Settling on new shores
Given the arguably historic pressures they’re facing, many manufacturers are looking outside of South China to establish a new manufacturing base. However, this approach is fraught with difficulties. The region is so well-established and is already home to the expertise and, more importantly, the infrastructure required to carry out large-scale toy manufacturing.
“Honestly, their strength isn’t even the lowest price anymore,” says Gottlieb. “It’s the infrastructure. In that region they can make and ship massive quantities of goods because of their ports and highways. It won’t be easy for any other territory to compete against that.”
Foreman agrees that it will take a long time to establish the intricate expertise and infrastructure needed to compete with China.
“The toy industry is very specialized,” Foreman says. “Everybody is looking everywhere, but I think you have to understand the reality of the business.
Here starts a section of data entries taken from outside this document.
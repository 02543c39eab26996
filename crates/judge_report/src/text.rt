// The lines of a report.
ghost use Rattle.std.specs.Prelude.{◌≡◌, ◌+◌, ◌≤◌, ◌++◌, decimal, length};
ghost use Rattle.line_io.specs.Out.{with};
ghost use Rattle.chess_board.specs.Text.{promotion_text, text_of_move};
ghost use Rattle.judge_report.specs.Reports.{report_before_end};
ghost use Rattle.judge_report.specs.Texts.{begun_text, count_line, crossings_line, end_text, search_end_text, kind_text, lawful_line, rule_text, search_report, shown_move_text, stop_text, unlawful_line};
ghost use Rattle.judge_report.specs.declared.report.TheConstants.{LAST_LINES};

use chess_board::{Kind, Move};
use itoa::Buffer;
use line_io::Out;
use protocol_tokens::GoKind;
use session_judge::{Judge, Rule, Search};

pub(crate) fn put_number(word: &[u8], number: u64, out: &mut Out)
    requires { length out.old.text + length word.now + 20 ≤ out.old.room }
    ensures text { out.new ≡ with out.old (word.now ++ decimal number) }
    ensures short { length out.new.text ≤ length out.old.text + length word.now + 20 }
{
    let mut digits = Buffer::new();
    out.put(word);
    out.put(digits.format(number).as_bytes());
}

fn kind_text(kind: GoKind) -> &'static [u8]
    ensures text { result.now ≡ kind_text kind }
    ensures short { length result.now ≤ 7 }
{
    match kind {
        GoKind::Move => b"move",
        GoKind::Ponder => b"ponder",
        GoKind::Analyse => b"analyse",
    }
}

/// The letter of the piece that a pawn becomes.
fn letter_of(occupant: Option<Kind>) -> &'static [u8]
    ensures text { result.now ≡ promotion_text occupant }
    ensures short { length result.now ≤ 1 }
{
    match occupant {
        Some(Kind::Queen) => b"q",
        Some(Kind::Rook) => b"r",
        Some(Kind::Bishop) => b"b",
        Some(Kind::Knight) => b"n",
        _ => b"",
    }
}

fn put_move(m: Move, out: &mut Out)
    requires { length out.old.text + 5 ≤ out.old.room }
    ensures text { out.new ≡ with out.old (text_of_move m) }
    ensures short { length out.new.text ≤ length out.old.text + 5 }
{
    let squares = [
        b'a' + m.from.file(),
        b'1' + m.from.rank(),
        b'a' + m.to.file(),
        b'1' + m.to.rank(),
    ];
    out.put(&squares);
    out.put(letter_of(m.promotion));
}

fn put_end(ended: Option<u64>, out: &mut Out)
    requires { length out.old.text + 28 ≤ out.old.room }
    ensures text { out.new ≡ with out.old (end_text ended) }
    ensures short { length out.new.text ≤ length out.old.text + 28 }
{
    match ended {
        Some(line) => put_number(b"to line ", line, out),
        None => out.put(b"open"),
    }
}

fn stop_text(stopped: bool) -> &'static [u8]
    ensures text { result.now ≡ stop_text stopped }
    ensures short { length result.now ≤ 11 }
{
    if stopped { b"stopped" } else { b"not stopped" }
}

fn put_shown(shown: Option<Move>, out: &mut Out)
    requires { length out.old.text + 5 ≤ out.old.room }
    ensures text { out.new ≡ with out.old (shown_move_text shown) }
    ensures short { length out.new.text ≤ length out.old.text + 5 }
{
    match shown {
        Some(m) => put_move(m, out),
        None => out.put(b"none"),
    }
}

// `search K: KIND, from line A`
fn put_begun(search: &Search, out: &mut Out)
    requires { length out.old.text + 70 ≤ out.old.room }
    ensures text { out.new ≡ with out.old (begun_text search.now) }
    ensures short { length out.new.text ≤ length out.old.text + 70 }
{
    put_number(b"search ", search.number, out);
    out.put(b": ");
    out.put(kind_text(search.kind));
    put_number(b", from line ", search.begun, out);
}

// `, END, STOP, M` and the line feed
fn put_ended(search: &Search, out: &mut Out)
    requires { length out.old.text + 60 ≤ out.old.room }
    ensures text { out.new ≡ with out.old (search_end_text search.now) }
    ensures short { length out.new.text ≤ length out.old.text + 60 }
{
    out.put(b", ");
    put_end(search.ended, out);
    out.put(b", ");
    out.put(stop_text(search.stopped));
    out.put(b", ");
    put_shown(search.shown, out);
    out.put(b"\n");
}

/// Puts the line of a search, if there is one.
pub(crate) fn put_search(search: Option<Search>, out: &mut Out)
    requires { length out.old.text + 130 ≤ out.old.room }
    ensures text { out.new ≡ with out.old (search_report search) }
    ensures short { length out.new.text ≤ length out.old.text + 130 }
{
    if let Some(search) = search {
        put_begun(&search, out);
        put_ended(&search, out);
    }
}

fn rule_text(rule: Rule) -> &'static [u8]
    ensures text { result.now ≡ rule_text rule }
    ensures short { length result.now ≤ 8 }
{
    match rule {
        Rule::First => b"first",
        Rule::Gone => b"gone",
        Rule::Quit => b"quit",
        Rule::Order => b"order",
        Rule::Busy => b"busy",
        Rule::Stop => b"stop",
        Rule::Hit => b"hit",
        Rule::Position => b"position",
        Rule::Move => b"move",
    }
}

// Puts the line about a mark that breaks a rule.
fn put_unlawful(line: u64, rule: Rule, out: &mut Out)
    requires { length out.old.text + 100 ≤ out.old.room }
    ensures { out.new ≡ with out.old (unlawful_line line rule) }
{
    put_number(b"unlawful at line ", line, out);
    out.put(b": ");
    out.put(rule_text(rule));
    out.put(b"\n");
}

// Puts the line about the orders that crossed.
fn put_count(crossings: u64, out: &mut Out)
    requires { length out.old.text + 40 ≤ out.old.room }
    ensures text { out.new ≡ with out.old (count_line crossings) }
    ensures short { length out.new.text ≤ length out.old.text + 40 }
{
    put_number(b"crossings: ", crossings, out);
    out.put(b"\n");
}

// Puts it if an order crossed.
fn put_crossings(crossings: u64, out: &mut Out)
    requires { length out.old.text + 40 ≤ out.old.room }
    ensures text { out.new ≡ with out.old (crossings_line crossings) }
    ensures short { length out.new.text ≤ length out.old.text + 40 }
{
    match crossings {
        0 => out.put(b""),
        _ => put_count(crossings, out),
    }
}

// Puts what comes before the last line.
fn put_sum(judge: &Judge, out: &mut Out)
    requires { length out.old.text + 170 ≤ out.old.room }
    ensures text { out.new ≡ with out.old (report_before_end judge.now) }
    ensures short { length out.new.text ≤ length out.old.text + 170 }
{
    put_search(judge.search(), out);
    put_crossings(judge.crossings(), out);
}

/// Puts what the judge found so far, and the line about a mark that breaks a rule.
pub(crate) fn put_refusal(judge: &Judge, line: u64, rule: Rule, out: &mut Out)
    requires { length out.old.text + LAST_LINES ≤ out.old.room }
    ensures { out.new ≡ with out.old (report_before_end judge.now ++ unlawful_line line rule) }
{
    put_sum(judge, out);
    put_unlawful(line, rule, out);
}

// Puts the line about a log in which no mark breaks a rule.
fn put_none_broken(out: &mut Out)
    requires { length out.old.text + 100 ≤ out.old.room }
    ensures { out.new ≡ with out.old lawful_line }
{
    out.put(b"lawful talk\n");
}

/// Puts what the judge found, and the line about a log in which no mark breaks a rule.
pub(crate) fn put_lawful(judge: &Judge, out: &mut Out)
    requires { length out.old.text + LAST_LINES ≤ out.old.room }
    ensures { out.new ≡ with out.old (report_before_end judge.now ++ lawful_line) }
{
    put_sum(judge, out);
    put_none_broken(out);
}
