// The values that the tests of this crate compare, and the room that they write into.
ghost use Rattle.std.specs.Prelude.{◌≡◌, true};

use line_io::Out;
use std::alloc::Global;
use std::process::Abort;

/// Expects what is named.
pub(crate) fn expect(rt: &impl Abort, holds: bool, what: &str)
    ensures { holds ≡ true }
{
    assert!(rt; holds, "{what}");
}

/// Expects that a text is the one that is wanted.
pub(crate) fn expect_text(rt: &impl Abort, text: &[u8], want: &str) {
    expect(rt, text == want.as_bytes(), want);
}

/// Room for so many bytes.
pub(crate) fn room(rt: &impl Abort, alloc: Global, bytes: usize) -> Out {
    Out::make(alloc, bytes).expect(rt, "memory for what is written")
}
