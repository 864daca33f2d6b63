// Plays a recorded day: play RECEIVER LOG
//
// RECEIVER is a file of four bytes, the Receiver ID. LOG is a frame log. A line is written for each of its records. A
// file that is missing or cannot be opened counts as empty, and so does one that is not named. A log that cannot be read
// on ends there.
#![tactic(auto)]

ghost use Rattle.std.specs.Prelude.{◌≤◌, length};

use replay::Player;
use std::fs;
use std::io::{self, Read};
use std::rt::{Env, Files};

// Room for any path that the system takes.
const PATH_SIZE: usize = 4096;
// The input's buffer: 252 records, so that what fills it ends at a record's end. What does not fill it is the log's end.
const CHUNK: usize = 65520;
// The output's: room for the longest line of each of them, so that one call plays them all.
const TEXT: usize = 11844;

// Why no more is played, though the log may go on.
#[derive(Debug, Drop)]
enum Stop {
    // The lines cannot be written.
    Output(io::Error),
    // No record number is left.
    Numbers,
}

impl From<io::Error> for Stop {
    fn from(e: io::Error) -> Stop {
        Stop::Output(e)
    }
}

// A path that is not UTF-8 cannot be opened either: std takes no other.
fn open<R: Files + Env>(rt: &R, argument: usize) -> Option<R::File> {
    let mut path = [0u8; PATH_SIZE];
    let n = rt.arg(argument, &mut path).ok()?;
    let path = str::from_utf8(&path[..n]).ok()?;
    fs::open(rt, path).ok()
}

// Reads until the buffer is full, the file ends or a read fails, and answers how many bytes stand at its start: that is
// why it is a loop over `read`, since `read_exact` does not tell how many it read of a file that ends.
fn read_full(file: &mut impl Read, buffer: &mut [u8]) -> usize
    ensures { result ≤ length buffer.new }
{
    let mut done = 0;
    while done < buffer.len() {
        match file.read(&mut buffer[done..]) {
            Ok(0) | Err(_) => break,
            Ok(n) => done += n,
        }
    }
    done
}

// A byte more than a receiver has is read, so that a longer file is seen to be one.
fn read_receiver(rt: &(impl Files + Env)) -> Option<u32> {
    let mut file = [0u8; 5];
    let n = read_full(&mut open(rt, 1)?, &mut file);
    replay::receiver_in(&file[..n])
}

// Plays what was read, and writes its lines: what a call leaves unread is handed in again, which no iterator knows before
// the call. A call that reads nothing has no record number left.
fn play_part(
    rt: &impl Print,
    player: Player,
    part: &[u8],
    us: u32,
    buffer: &mut [u8; replay::BUFFER_SIZE],
    text: &mut [u8],
) -> Result<Player, Stop> {
    let mut current = player;
    let mut rest = part;
    while !rest.is_empty() {
        let listed = replay::play_chunk(current, rest, us, buffer, text);
        rt.write_all(le::head(text, listed.written))?;
        if listed.read == 0 {
            return Err(Stop::Numbers);
        }
        current = listed.player;
        rest = le::tail(rest, listed.read);
    }
    Ok(current)
}

// A proved loop has to end, and nothing says that a file does: the turns are counted, to a number that no run reaches.
fn play_log(rt: &impl Print, log: &mut impl Read, us: u32) -> Result<(), Stop> {
    let mut buffer = [0u8; replay::BUFFER_SIZE];
    let mut chunk = [0u8; CHUNK];
    let mut text = [0u8; TEXT];
    let mut player = Player::new();
    for _ in 0..u64::MAX {
        let n = read_full(log, &mut chunk);
        player = play_part(rt, player, &chunk[..n], us, &mut buffer, &mut text)?;
        if n < CHUNK {
            break;
        }
    }
    Ok(())
}

fn play(rt: &(impl Files + Env + Print)) -> Result<(), Stop> {
    let Some(us) = read_receiver(rt) else {
        rt.write_all(&replay::no_receiver())?;
        return Ok(());
    };
    if let Some(mut log) = open(rt, 2) {
        play_log(rt, &mut log, us)?;
    }
    Ok(())
}

fn main(rt: HostRuntime) {
    if let Err(Stop::Output(e)) = play(&rt) {
        let _ = eprintln!(rt; "standard output: {e}");
    }
}
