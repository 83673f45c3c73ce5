// A message that passes as a FEDJEL, and its records (002 12.1 to 12.4).
ghost use Rattle.std.specs.Prelude.{◌≡◌, true, false, MatchOption};
ghost use Rattle.answers.specs.Fedjel.{head_of, item_bytes, foot_of, is_fedjel};

use answers::{FOOT, HEAD_ENDED, ITEM_ENDED};

// The bytes of a head without its ending.
pub(crate) const HEAD: usize = 32;

// The bytes of a FEDJEL.
#[derive(Clone, Copy)]
pub(crate) struct Fedjel<'a> {
    pub message: &'a [u8],
    ghost form: { is_fedjel message.now ≡ true },
}

impl<'a> Fedjel<'a> {
    // The message, if it passes as a FEDJEL.
    pub(crate) fn of(message: &'a [u8]) -> Option<Fedjel<'a>>
        ensures { MatchOption result (is_fedjel message.now ≡ false) (λ f. f.message.now ≡ message.now) }
    {
        if !answers::is_fedjel(message) {
            return None;
        }
        Some(Fedjel { message })
    }

    // The head, without its ending.
    pub(crate) fn head(&self) -> &'a [u8; HEAD]
        ensures { result.now ≡ head_of self.now.message.now }
    {
        self.message.first_chunk().unwrap()
    }

    // The items, end to end, each with its ending.
    pub(crate) fn items(&self) -> &'a [u8]
        ensures { result.now ≡ item_bytes self.now.message.now }
    {
        answers::items(self.message)
    }

    // The foot, without its ending.
    pub(crate) fn foot(&self) -> &'a [u8; FOOT]
        ensures { result.now ≡ foot_of self.now.message.now }
    {
        let at = HEAD_ENDED + answers::count(self.message) * ITEM_ENDED;
        self.message[at..].first_chunk().unwrap()
    }
}
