// The session is open, with every number in its range.
#[tactic(auto, unfolding(crate::specs::Session::in_range))]
fn in_range(
    day: u32,
    room: usize,
    tally: Tally,
    fill: usize,
    held: &[u8; frame::ITEM_ENDED],
) -> bool
    ensures { result ≡ in_range (parts_of day room tally fill held.now) }
{
    if !calendar::is_date(day) {
        return false;
    }
    if room > Session::MOST {
        return false;
    }
    if !tally_in_range(room, tally) {
        return false;
    }
    holds(tally.phase, fill, held)
}

// Whether a piece may be taken, beside a table of so many bytes: refusals 5, 2, 3, 15, 4.
#[tactic(auto, unfolding(crate::specs::Session::piece_refused))]
fn refusal_of(
    day: u32,
    room: usize,
    tally: Tally,
    fill: usize,
    held: &[u8; frame::ITEM_ENDED],
    lists: &Lists,
    len: usize,
) -> Result<(), Refusal>
    ensures { result ≡ piece_refused (parts_of day room tally fill held.now) (listed_in lists.now) len }
{
    if !in_range(day, room, tally, fill, held) {
        return Err(Refusal::Session);
    }
    lists.refused()?;
    if len != room {
        return Err(Refusal::Table);
    }
    Ok(())
}

// A piece is taken where the session is in parts, with as many bytes lent for those held as the longest record has: refusals 5, 2, 3, 15, 4.
// After a refusal all that is lent is as it was.
pub fn take_lent(
    day: u32,
    room: usize,
    tally: Tally,
    fill: usize,
    held: &mut [u8],
    piece: &[u8],
    lists: &Lists,
    table: &mut [u8],
) -> Step
    ensures { Stepped day room tally fill held.old piece.now
        (listed_in lists.now) table.old result held.new table.new }
{
    let Some(held) = held.as_mut_array::<{ frame::ITEM_ENDED }>() else {
        return Step {
            tally,
            fill,
            outcome: Err(Refusal::Session),
        };
    };
    match refusal_of(day, room, tally, fill, held, lists, table.len()) {
        Err(r) => Step {
            tally,
            fill,
            outcome: Err(r),
        },
        Ok(()) => {
            let l = fed(tally, fill, held, piece, day, lists, table);
            Step {
                tally: l.tally,
                fill: l.fill,
                outcome: Ok(()),
            }
        }
    }
}
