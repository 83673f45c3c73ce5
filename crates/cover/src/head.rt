// The head of a FEDJEL (002 12.1.1).
ghost use Rattle.std.specs.Prelude.{◌≡◌, cond};
ghost use Rattle.base.specs.Tables.{first_given};
ghost use Rattle.calendar.specs.DateField.{date_field};
ghost use Rattle.requests.specs.Requests.{requests_of};
ghost use Rattle.cover.specs.Head.{days_back, sent_on, is_number, head_rows};

use crate::fedjel::HEAD;

// The code where the test fails, else the other.
// Kept: (a) here and in each `_code`, a number for none: 0 is the standard's own code of a message without a fault, and what `first_given` says.
pub(crate) fn unless(ok: bool, code: u8, other: u8) -> u8
    ensures { result ≡ cond ok other code }
{
    if ok {
        return other;
    }
    code
}

// Whether the field is digits and their number is n.
pub(crate) fn is_number(s: &[u8], n: u64) -> bool
    ensures { result ≡ is_number n s.now }
{
    digits::is_digits(s) & (digits::number(s) == n)
}

// The days from the last workday before a day to it: by what is left of the day number by seven, 0 Sunday to 6 Saturday.
fn days_back(n: u32) -> u32
    ensures { result ≡ days_back n }
{
    match n % 7 {
        0 => 2,
        1 => 3,
        _ => 1,
    }
}

// Whether the field is a date from the last workday before E to E (F523.2).
fn is_sent(day: u32, s: &[u8]) -> bool
    ensures { result ≡ sent_on day (date_field s.now) }
{
    match calendar::read_date(s) {
        Err(_) => false,
        Ok(d) => {
            let e = calendar::day_number(day);
            let n = calendar::day_number(d);
            if n > e {
                return false;
            }
            e - n <= days_back(e)
        }
    }
}

// The code of the head's first fault, 0 if it has none.
pub(crate) fn head_code(h: &[u8; HEAD], day: u32, list: &[u8]) -> u8
    ensures { result ≡ first_given (head_rows day (requests_of list.now) h.now) }
{
    let c = unless(is_number(&h[24..32], day as u64), 7, 0);
    let c = unless(digits::is_digits(&h[20..24]), 2, c);
    let c = unless(is_sent(day, &h[12..20]), 44, c);
    let bank = &h[9..12];
    let c = unless(
        digits::is_digits(bank) & requests::has_bank(list, bank),
        43,
        c,
    );
    let c = unless(digits::is_digits(&h[8..9]), 42, c);
    let c = unless(text::is_same(&h[2..8], b"FEDJEL"), 9, c);
    unless(text::is_same(&h[0..2], b"01"), 41, c)
}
The type of equipment and machinery and the sophistication in the production facilities are all in China. There are no moves outside of China, in my opinion.”
That may depend, though, on the particular types of toys being made. Simpler plastic items that don’t require intricate injection moulding have already moved out of China, according to Rubin.“A lot of our production is now in Vietnam,” he says. “It was a natural progression for us. Lower-priced goods are going to evolve to different areas in China or out of the country altogether.”
Corney says that in the short-term there are not many viable alternatives to South China, but that if the current conditions continue without significant relief in terms of government incentives, manufacturers will have no choice but to look elsewhere.
“People are already looking at Eastern Europe, Turkey, and even in Middle Eastern countries like Iran,” Corney contends. “I also think there is a huge opportunity for newly liberated territories to increase their manufacturing base. They could significantly challenge China over the next 20 years.”